Earlier this month, the U.S. Supreme Court heard a case that could jeopardize the act, at least to the extent that it protects sensitive wetlands. In Sackett vs. Environmental Protection Agency, owners of a plot of seasonal wetland in Idaho argue that the act applies only to the water in a wetland and not to the adjacent land from which the runoff comes. The court’s conservative majority may well agree, although questioning from the justices suggests that they may be skeptical of the plaintiffs’ interpretation.

Even if the court accepts the broader view of the Clean Water Act’s scope, the 50-year-old law should now be seen as only a starting point for necessary protection of the nation’s water. Things have changed in the last half-century, and water laws have to be updated to take into account climate change and the challenges of agricultural runoff. They have to take into account our deeper knowledge of the actual connections between all bodies of water, whether on the surface or underground, seasonal or year-round.

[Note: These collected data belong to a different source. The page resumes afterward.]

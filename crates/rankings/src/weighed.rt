// Weighed minutes.
ghost use Rattle.std.specs.Prelude.{◌≡◌, pos};
ghost use Rattle.rankings.specs.Costs.{Modest};
ghost use Rattle.rankings.specs.Models.{by_weight, counted_rate, weight};
ghost use Rattle.rankings.specs.Kept.{weight_ordered, weight_linear, weight_some, weight_le};

use crate::limits::{LARGEST_RATE, SMALLEST_RATE};
use crate::ranking::Ranking;
use crate::rounding::PartByPart;

// Ranks by the first part plus a rate times the second. Any rate may be given.
#[derive(Clone, Copy, Debug, PartialEq, Eq)]
pub struct Weighed {
    pub rate: i64,
}

impl Weighed {
    // What a minute weighs: the rate given, or the nearest that counts.
    fn price(&self) -> i64
        ensures { result ≡ pos (counted_rate self.now.rate) }
    {
        self.rate.clamp(SMALLEST_RATE, LARGEST_RATE)
    }

    // The money, and what the minutes weigh.
    fn weigh(&self, cost: (i64, i64)) -> i64
        requires { Modest cost }
        ensures { result ≡ weight (counted_rate self.now.rate) cost }
    {
        cost.0 + self.price() * cost.1
    }
}

impl Ranking for Weighed {
    ghost ranks = { λ s. by_weight (counted_rate s.rate) };

    ghost ordered = { λ s. weight_ordered (counted_rate s.rate) };

    ghost linear = { λ s. weight_linear (counted_rate s.rate) };

    ghost some = { λ s. weight_some (counted_rate s.rate) };

    fn no_dearer(&self, a: (i64, i64), b: (i64, i64)) -> bool {
        self.weigh(a) <= self.weigh(b)
    }
}

impl PartByPart for Weighed {
    ghost mono = { λ s. weight_le (counted_rate s.rate) };
}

It took a long time for Americans to appreciate the damage they were doing to their water. The Cuyahoga caught fire repeatedly as far back as 1868. California’s rivers were devastated by hydraulic mining in a quest for gold and other minerals; there were few objections at the time. Pollution was widely seen as a sign of American civilization subduing a wild continent and putting it to use in the service of human wealth and progress. And besides, there was always another pond or stream to be used for drinking water.

But now we know more about the costs of environmental destruction. We can’t wait another 50 years before updating our laws to protect our water supply.